Thursday, April 07, 2011
Rosemary on Water
All you can know for sure is that time passes. The herbal stand blooms. The wind peels away its petals and drops them onto the surface of the pond waiting below.
As they drift aimlessly, the fish look up. They know this isn't food.
The sun looks down.
The camera clicks.
A friend's husband has cancer, and it sounds bad, very bad. It's the aggressive kind.
You think back over decades about the ways in which this friend has helped you and you have helped her.
You remember her joy at finally finding a good man when they'd both reached an age where this kind of love story seemed impossible.
But, for them, it happened.
For a while, all seemed possible. They both have been in fantastic shape for their ages, which are measured by the scores, not the decades.
Still, time catches up with us all. You remember moments, when you all mixed happily. You and your partner and she with hers. There was an ethnic, national, and cultural parallel in your choices.
Your choice turned out to be a fool's choice. Hers turned out to be about true love.
Now she faces the prospect of all too soon losing her husband forever.
By contrast, you have no one like that left to lose. That's because she chose wisely and you did not. All is in balance in the end. So your heart goes out to her, for that is the greater loss, the loss of love shared compared to love imagined, but never shared at all.
For the former, memories worth sharing.
For the latter, only silence, and the utter lack of any meaning whatsoever.
The again, friendships endure. Imposters disappear. And God is watching.
-30-
Sunday, April 03, 2011
Family Sunday Night
A visit to our neighborhood from one of the elite boys' teams from Manchester, U.K., tonight led to what my 16-year-old soccer player called the "most exciting Sunday night" he can ever remember.
For hours before the game, he couldn't restrain himself or stay inside -- he was racing around with his soccer ball, kicking it against buildings, fences, and practicing his many moves, balancing the ball on a toe, twirling it up to his forehead, dropping it down on the opposite heel, curling it around a leg, feinting as if to pass it one way, stopping the ball in mid-pass and reversing it.
If you've never watched soccer players as they fool around with the ball, the closest comparison I can make is with ballet. Arms and hands are strictly for balance; everything relies on your legs and feet.
In a way it is like revisiting our ancestral heritage as primates in forests, who developed startling skills with their lower extremities that no longer are required for our survival -- except on the soccer pitch.
As the two teams prepared for tonight's match -- a friendly challenge -- Aidan and his teammates were joking about how big some of the Manchester lads were. Aidan pointed to the biggest of them all, number 11, and told his buddies, "Watch, that will be the guy I have to guard."

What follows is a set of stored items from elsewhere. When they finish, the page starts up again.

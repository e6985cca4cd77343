// Response: z = y + s c and w_i = v_i − e_i c, with their tests.
ghost use Rattle.std.specs.Prelude.{◌≡◌};
ghost use Rattle.whole.specs.Every.{each_below};
ghost use Rattle.ring.specs.Sparse.{sparse};
ghost use Rattle.records.specs.Secret.{s_of, all_e};
ghost use Rattle.attempts.specs.Attempt.{w_passes};
ghost use Rattle.attempts.specs.Steps.{z_with, w_one, w_with};
ghost use Rattle.attempts.specs.Promises.{Responded};
ghost use Rattle.attempts.specs.Asks.{MakesZ, TestsOneW, TestsW, Responds, RespondsKey};

use sets::{Numbers, SEED_BYTES};

// Whether w_(i + 1) = v_(i + 1) − e_(i + 1) c passes its two tests: v and e hold one polynomial. w is left in v, e c in ec.
fn w_test(
    set: Numbers,
    e: &[u8],
    v: &mut [u32],
    positions: &[u16],
    signs: &[i8],
    ec: &mut [i32],
) -> bool
    requires { TestsOneW set e.now v.old positions.now signs.now ec.old }
    ensures { result ≡ w_passes set (w_one set e.now v.old (sparse positions.now signs.now)) }
{
    ring::sparse::times_bytes(e, positions, signs, ec);
    ring::sums::subtract_small(v, ec, set.q);
    rounding::polynomial::all_low(v, set.q, set.d, set.e)
        && rounding::polynomial::all_sized(v, set.q, set.e)
}

// Whether every w_i = v_i − e_i c passes its two tests. w_i is left in the place of v_i.
fn w_tests(
    set: Numbers,
    e: &[u8],
    v: &mut [u32],
    positions: &[u16],
    signs: &[i8],
    ec: &mut [i32],
) -> bool
    requires { TestsW set e.now v.old positions.now signs.now ec.old }
    ensures { result ≡ each_below set.k (λ i. w_passes set (w_with set e.now v.old (sparse positions.now signs.now) i)) }
{
    for (e_i, v_i) in e.chunks_exact(set.n).zip(v.chunks_exact_mut(set.n)) {
        if !w_test(set, e_i, v_i, positions, signs, ec) {
            return false;
        }
    }
    true
}

// z = y + s c, not reduced, in z, whatever z held.
fn make_z(set: Numbers, s: &[u8], y: &[i32], positions: &[u16], signs: &[i8], z: &mut [i32])
    requires { MakesZ set s.now y.now positions.now signs.now z.old }
    ensures { z.new ≡ z_with set s.now y.now (sparse positions.now signs.now) }
{
    ring::sparse::times_bytes(s, positions, signs, z);
    ring::sums::add_exact(z, y);
}

// What follows once c' is known: z = y + s c, left in z, and whether z and then every w_i = v_i − e_i c pass their tests, with c = Enc(c').
// y takes each e_i c, and the place of v_i takes w_i.
fn respond_in(
    set: Numbers,
    s: &[u8],
    e: &[u8],
    c: &[u8],
    y: &mut [i32],
    v: &mut [u32],
    positions: &mut [u16],
    signs: &mut [i8],
    z: &mut [i32],
) -> bool
    requires { Responds set s.now e.now y.old v.old positions.old signs.old z.old }
    ensures { Responded set s.now e.now c.now y.old v.old z.new result }
{
    sampling::drawn::draw_enc(set, c, positions, signs);
    make_z(set, s, y, positions, signs, z);
    if !signatures::z_in_range(set, z) {
        return false;
    }
    w_tests(set, e, v, positions, signs, y)
}

// The same with the s and e_1..e_k of the secret record. Makes the places for c.
pub(crate) fn respond(
    set: Numbers,
    secret: &[u8],
    c: &[u8; SEED_BYTES],
    y: &mut [i32],
    v: &mut [u32],
    z: &mut [i32],
) -> bool
    requires { RespondsKey set secret.now y.old v.old z.old }
    ensures { Responded set (s_of set secret.now) (all_e set secret.now) c.now y.old v.old z.new result }
{
    let h = set.h;
    let mut positions = [0u16; 256];
    let mut signs = [0i8; 256];
    let middle = records::secret::e_start(set);
    let end = records::secret::seed_a_start(set);
    respond_in(
        set,
        &secret[2..middle],
        &secret[middle..end],
        c,
        y,
        v,
        &mut positions[..h],
        &mut signs[..h],
        z,
    )
}
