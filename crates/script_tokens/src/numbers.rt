// Numbers, from their digits.

ghost use Rattle.std.specs.Prelude.{◌≡◌, ◌<◌, ◌≤◌, MatchOption, None, Some, true};
ghost use Rattle.script_tokens.specs.Bytes.{is_digit, all};
ghost use Rattle.script_tokens.specs.Lexing.{is_numeral, value_from, number_of};

use crate::bytes::is_digit;

/// The greatest number of a text.
const GREATEST: u64 = 9_223_372_036_854_775_807;

fn all_digits(text: &[u8]) -> bool
    ensures { result ≡ all is_digit text.now }
{
    let mut rest = text;
    while let [byte, more @ ..] = rest {
        if !is_digit(*byte) {
            return false;
        }
        rest = more;
    }
    true
}

fn is_numeral(text: &[u8]) -> bool
    ensures { result ≡ is_numeral text.now }
{
    match text {
        [] => false,
        [b'0'] => true,
        [b'0', _, ..] => false,
        _ => all_digits(text),
    }
}

/// What digits say, up to the greatest number.
fn value(text: &[u8]) -> Option<u64>
    requires { all is_digit text.now ≡ true }
    ensures { MatchOption result (9223372036854775807 < value_from 0 text.now)
        (λ n. (n ≡ value_from 0 text.now) × (n ≤ 9223372036854775807)) }
{
    let mut n: u64 = 0;
    let mut rest = text;
    while let [byte, more @ ..] = rest {
        if n > 922_337_203_685_477_580 {
            return None;
        }
        n = n * 10 + ((*byte - b'0') as u64);
        if n > GREATEST {
            return None;
        }
        rest = more;
    }
    Some(n)
}

/// The number that a run of letters, digits and `_` is.
#[tactic(auto, using(crate::proofs::Digits::numeral_digits), unfolding(crate::specs::Lexing::number_of))]
pub fn number_of(run: &[u8]) -> Option<u64>
    ensures { MatchOption result (number_of run.now ≡ None) (λ n. number_of run.now ≡ Some n) }
{
    if is_numeral(run) { value(run) } else { None }
}
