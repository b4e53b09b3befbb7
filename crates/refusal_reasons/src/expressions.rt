// Types of expressions, in the order in which the checker looks at them. It finds each fault that the checker finds, but for numbers that no parsed
// script has.

use crate::kind::Kind;
use crate::scope::{Scene, callee, few_retries, variable_kind};
use crate::stop::Stop;
use crate::wanted::{Wanted, met};
use script_syntax::{Expr, ExprKind, Parameter, Prefix};

/// The type of an expression, in which so many others stand inside one another at most.
#[cycle(kinds)]
pub(crate) fn kind_of(scene: Scene<'_>, expr: &Expr, levels: u32) -> Result<Kind, Stop> {
    if levels == 0 {
        return Err(Stop::Unsure);
    }
    let inner = levels - 1;
    let alloc = scene.alloc;
    match &expr.kind {
        ExprKind::Int(_) => Ok(Kind::number(alloc)),
        ExprKind::Variable(name) => variable_kind(scene, name),
        ExprKind::Prefixed(prefix, operand) => prefixed(scene, *prefix, operand, inner),
        ExprKind::Binary(_, left, right) => {
            let purpose = "as an operand";
            let _ = kind_met(scene, left, Wanted::Number, purpose, inner)?;
            kind_met(scene, right, Wanted::Number, purpose, inner)
        }
        ExprKind::Index(list, index) => {
            let kind = kind_met(scene, list, Wanted::List, "since an index follows", inner)?;
            let _ = kind_met(scene, index, Wanted::Number, "as an index", inner)?;
            Ok(kind.inner())
        }
        ExprKind::List(items) => list_kind(scene, items, inner),
        ExprKind::Empty(items) => Ok(Kind::of(alloc, items)?.listed()?),
        ExprKind::Call(name, arguments) => {
            let function = callee(scene, name, 1, arguments.len())?;
            check_arguments(scene, &function.parameters, arguments, inner)?;
            Ok(Kind::of(alloc, &function.result)?)
        }
        ExprKind::Remote(retries, name, arguments) => {
            few_retries(scene, *retries)?;
            let function = callee(scene, name, 1, arguments.len())?;
            check_marked(scene, &function.parameters, arguments, inner)?;
            Ok(Kind::of(alloc, &function.result)?.referred()?)
        }
        ExprKind::Len(list) => {
            let _ = kind_met(scene, list, Wanted::List, "for len", inner)?;
            Ok(Kind::number(alloc))
        }
        ExprKind::Push(list, item) => {
            let list = kind_met(scene, list, Wanted::List, "for push", inner)?;
            let kind = list.inner();
            let wanted = Wanted::Exactly(kind.copy()?);
            let _ = kind_met(scene, item, wanted, "as an item of that list", inner)?;
            Ok(kind.listed()?)
        }
    }
}

/// The type of an expression, where it is as it is wanted for that.
#[cycle(kinds)]
pub(crate) fn kind_met(
    scene: Scene<'_>,
    expr: &Expr,
    wanted: Wanted,
    purpose: &'static str,
    levels: u32,
) -> Result<Kind, Stop> {
    let found = kind_of(scene, expr, levels)?;
    met(scene.alloc, found, wanted, purpose, expr.span)
}

#[cycle(kinds)]
fn prefixed(scene: Scene<'_>, prefix: Prefix, operand: &Expr, levels: u32) -> Result<Kind, Stop> {
    match prefix {
        Prefix::Negate => kind_met(scene, operand, Wanted::Number, "as an operand", levels),
        Prefix::Get => {
            let kind = kind_met(scene, operand, Wanted::Reference, "for get", levels)?;
            Ok(kind.inner())
        }
        Prefix::Put => Ok(kind_of(scene, operand, levels)?.referred()?),
    }
}

/// The type of a list of these items.
#[cycle(kinds)]
fn list_kind(scene: Scene<'_>, items: &[Expr], levels: u32) -> Result<Kind, Stop> {
    let [first, rest @ ..] = items else {
        return Err(Stop::Unsure);
    };
    let kind = kind_of(scene, first, levels)?;
    for item in rest {
        let wanted = Wanted::Exactly(kind.copy()?);
        let found = kind_of(scene, item, levels)?;
        let _ = met(scene.alloc, found, wanted, "as the first item", item.span)?;
    }
    Ok(kind.listed()?)
}

/// That each argument is of its parameter's type.
#[cycle(kinds)]
pub(crate) fn check_arguments(
    scene: Scene<'_>,
    parameters: &[Parameter],
    arguments: &[Expr],
    levels: u32,
) -> Result<(), Stop> {
    for (i, argument) in arguments.iter().enumerate() {
        let Some(parameter) = parameters.get(i) else {
            return Err(Stop::Unsure);
        };
        let wanted = Wanted::Exactly(Kind::of(scene.alloc, &parameter.kind)?);
        let found = kind_of(scene, argument, levels)?;
        let _ = met(scene.alloc, found, wanted, "as an argument", argument.span)?;
    }
    Ok(())
}

/// That each argument is of its parameter's type, or a reference to that.
#[cycle(kinds)]
pub(crate) fn check_marked(
    scene: Scene<'_>,
    parameters: &[Parameter],
    arguments: &[Expr],
    levels: u32,
) -> Result<(), Stop> {
    for (i, argument) in arguments.iter().enumerate() {
        let Some(parameter) = parameters.get(i) else {
            return Err(Stop::Unsure);
        };
        let wanted = Wanted::OrReference(Kind::of(scene.alloc, &parameter.kind)?);
        let found = kind_of(scene, argument, levels)?;
        let purpose = "as an argument of a remote call";
        let _ = met(scene.alloc, found, wanted, purpose, argument.span)?;
    }
    Ok(())
}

Sure enough. As a center back, he usually draws the toughest player the opposition has to offer.
It was a fun game to watch. The English players were terrific athletes -- fast, strong, and used to playing an extremely physical game. It became obvious early on that they would win this game, but it was equally obvious that our local team was improving right before our eyes and could match up athletically, on a skills level, with a team where several of the players are already signed on with professional English soccer teams.

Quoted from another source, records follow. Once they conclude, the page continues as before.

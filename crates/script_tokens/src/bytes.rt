// Bytes by kind, and runs of them.

ghost use Rattle.std.specs.Prelude.{◌≡◌};
ghost use Rattle.script_tokens.specs.Bytes.{is_blank, is_digit, is_letter, in_word, in_run, in_line, is_ascii, front, past};

/// Whether it is a space, a tab, a carriage return or a line feed.
pub fn is_blank(byte: u8) -> bool
    ensures { result ≡ is_blank byte }
{
    byte == b' ' || byte == b'\t' || byte == b'\r' || byte == b'\n'
}

/// Whether it is a small letter, `a` to `z`; names have no capital ones.
pub fn is_letter(byte: u8) -> bool
    ensures { result ≡ is_letter byte }
{
    byte >= b'a' && byte <= b'z'
}

/// Whether it is a decimal digit, `0` to `9`.
pub fn is_digit(byte: u8) -> bool
    ensures { result ≡ is_digit byte }
{
    byte >= b'0' && byte <= b'9'
}

fn in_word(byte: u8) -> bool
    ensures { result ≡ in_word byte }
{
    is_letter(byte) || is_digit(byte) || byte == b'_'
}

fn in_run(byte: u8) -> bool
    ensures { result ≡ in_run byte }
{
    in_word(byte) || (byte >= b'A' && byte <= b'Z')
}

/// The small letters, digits and `_` at the front, and what follows them.
pub fn word_run(text: &[u8]) -> (&[u8], &[u8])
    ensures word { result.0.now ≡ front in_word text.now }
    ensures after { result.1.now ≡ past in_word text.now }
{
    let mut n = 0;
    while n < text.len() && in_word(text[n]) {
        n += 1;
    }
    text.split_at(n)
}

/// The letters, digits and `_` at the front, and what follows them.
pub fn whole_run(text: &[u8]) -> (&[u8], &[u8])
    ensures run { result.0.now ≡ front in_run text.now }
    ensures after { result.1.now ≡ past in_run text.now }
{
    let mut n = 0;
    while n < text.len() && in_run(text[n]) {
        n += 1;
    }
    text.split_at(n)
}

/// The text up to its first byte above 127.
pub fn ascii_front(text: &[u8]) -> &[u8]
    ensures { result.now ≡ front is_ascii text.now }
{
    let mut n = 0;
    while n < text.len() && text[n] < 128 {
        n += 1;
    }
    &text[..n]
}

/// What follows the line's end.
pub fn past_line(text: &[u8]) -> &[u8]
    ensures { result.now ≡ past in_line text.now }
{
    let mut rest = text;
    while let [byte, more @ ..] = rest {
        if *byte == b'\n' {
            return rest;
        }
        rest = more;
    }
    rest
}
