// What is told of a text that is no program.

use crate::grammar::{Expectation, Limit, Machine};
use crate::letters::Letters;
use script_tokens::{Placed, Span, tokens_in};
use std::alloc::{AllocError, Global};

fn put_expectation(told: &mut String, expectation: Expectation) -> Result<(), AllocError> {
    match expectation {
        Expectation::Mark(mark) => told.push_str(mark.text()),
        Expectation::Name => told.push_str("NAME"),
        Expectation::Number => told.push_str("INT"),
        Expectation::End => told.push_str("the end of the text"),
    }
}

/// What may stand at a place.
fn put_expected(told: &mut String, expected: &[Expectation]) -> Result<(), AllocError> {
    if expected.len() == 1 {
        told.push_str("    expected:")?;
    } else {
        told.push_str("    expected one of:")?;
    }
    for expectation in expected {
        let is_end = matches!(expectation, Expectation::End) && expected.len() > 1;
        told.push_str(if is_end { " or " } else { " " })?;
        put_expectation(told, *expectation)?;
    }
    Ok(())
}

/// The bytes of a span; none where it isn't within the text.
fn bytes_of(text: &[u8], span: Span) -> &[u8] {
    if span.start <= span.end && span.end <= text.len() {
        &text[span.start..span.end]
    } else {
        b""
    }
}

fn put_found(told: &mut String, text: &[u8], span: Span) -> Result<(), AllocError> {
    let found = bytes_of(text, span);
    if found.is_empty() {
        return told.push_str("\n    found: the end of the text");
    }
    let word = Letters(found);
    write!(told, "\n    found: {word}")
}

/// The place among tokens of the one with this span, or behind the last one, where the span is the text's end.
fn place_among(tokens: &[Placed<'_>], span: Span, length: usize) -> Option<usize> {
    for (i, placed) in tokens.iter().enumerate() {
        if placed.span == span {
            return Some(i);
        }
    }
    if span.start == length && span.end == length {
        return Some(tokens.len());
    }
    None
}

/// What could stand in place of a token that the grammar doesn't allow, or of the text's end.
fn told_expected(alloc: Global, text: &[u8], span: Span) -> Result<Option<String>, AllocError> {
    let Ok(tokens) = tokens_in(alloc, text) else {
        return Ok(None);
    };
    let Some(target) = place_among(&tokens, span, text.len()) else {
        return Ok(None);
    };
    let mut machine = Machine::new(alloc, &tokens, target)?;
    if !machine.run()? || machine.is_allowed || machine.expected.is_empty() {
        return Ok(None);
    }
    let mut told = String::new(alloc);
    put_expected(&mut told, &machine.expected)?;
    put_found(&mut told, text, span)?;
    Ok(Some(told))
}

fn limit_words(limit: Limit) -> &'static str {
    match limit {
        Limit::Functions => "    expected: 64 functions at most\n    found: function 65",
        Limit::Parameters => "    expected: 16 parameters at most\n    found: parameter 17",
        Limit::Tokens => {
            "    expected: 512 tokens in one expression at most\n    found: token 513"
        }
        Limit::Nesting => {
            "    expected: 32 brackets and prefixes open at one place at most\n    found: one more"
        }
    }
}

/// Which limit a text passes.
fn told_limit(alloc: Global, text: &[u8], span: Span) -> Result<Option<String>, AllocError> {
    if span.end == 0 {
        let bytes = "    expected: 65,536 bytes at most\n    found: more";
        return Ok(Some(String::from_str(alloc, bytes)?));
    }
    let Ok(tokens) = tokens_in(alloc, text) else {
        return Ok(None);
    };
    let Some(target) = place_among(&tokens, span, text.len()) else {
        return Ok(None);
    };
    let mut machine = Machine::new(alloc, &tokens, target)?;
    let is_there = machine.run()?;
    match machine.limit {
        Some(limit) if is_there => Ok(Some(String::from_str(alloc, limit_words(limit))?)),
        _ => Ok(None),
    }
}

/// Why bytes are no token.
fn token_words(word: &[u8]) -> &'static str {
    match word {
        [b'a'..=b'z', ..] if word.len() > 64 => "a name has 64 letters, digits and _ at most",
        [b'A'..=b'Z', ..] => "names have small letters, digits and _",
        [b'_', ..] => "names begin with a small letter",
        [b'0', b'0'..=b'9', ..] => "a number has no leading zero",
        [b'0'..=b'9', ..] => {
            "a number is at most 9223372036854775807, and no letter and no _ follows it directly"
        }
        _ => "",
    }
}

/// Which bytes are no token.
fn told_bytes(alloc: Global, text: &[u8], span: Span) -> Result<Option<String>, AllocError> {
    let word = bytes_of(text, span);
    let [first, ..] = word else {
        return Ok(None);
    };
    let first = *first;
    let expected = token_words(word);
    let shown = Letters(word);
    if !expected.is_empty() {
        return Ok(Some(format!(in alloc; "    expected: {expected}\n    found: {shown}")?));
    }
    if first > 32 && first < 127 {
        return Ok(Some(format!(in alloc;
            "    found: {shown}, the byte {first}, which begins no token here"
        )?));
    }
    Ok(Some(format!(in alloc; "    found: the byte {first}, which begins no token here")?))
}

fn told_unknown_byte(alloc: Global, text: &[u8], span: Span) -> Result<Option<String>, AllocError> {
    let [byte] = bytes_of(text, span) else {
        return Ok(None);
    };
    let byte = *byte;
    Ok(Some(format!(in alloc; "    expected: bytes up to 127\n    found: the byte {byte}")?))
}

/// What is told of a text that is refused with this number, 1 to 4, at these bytes, if anything is.
pub(crate) fn told_of_text(alloc: Global, text: &[u8], code: u16, span: Span) -> Option<String> {
    let told = match code {
        1 => told_unknown_byte(alloc, text, span),
        2 => told_bytes(alloc, text, span),
        3 => told_expected(alloc, text, span),
        4 => told_limit(alloc, text, span),
        _ => return None,
    };
    match told {
        Ok(told) => told,
        Err(_) => None,
    }
}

After the game, Aidan was all smiles. He knew he hadn't played a perfect game (#11 scored one goal on him), but he also knew he had played extremely well, disrupting at least a dozen scoring opportunities for Manchester, and more or less boxing #11 out of the game except for that one time, when the English kid made a great move, a great shot, and a well-deserved goal.
***
This, for us, was a family affair. Our extended family reaches around the globe when it comes to soccer. Little Luca was on the sidelines, cheering for his Uncle Aidan, as were his parents, and Grandma from France, herself a soccer Mom of a great player, now executive of another English team, in Liverpool.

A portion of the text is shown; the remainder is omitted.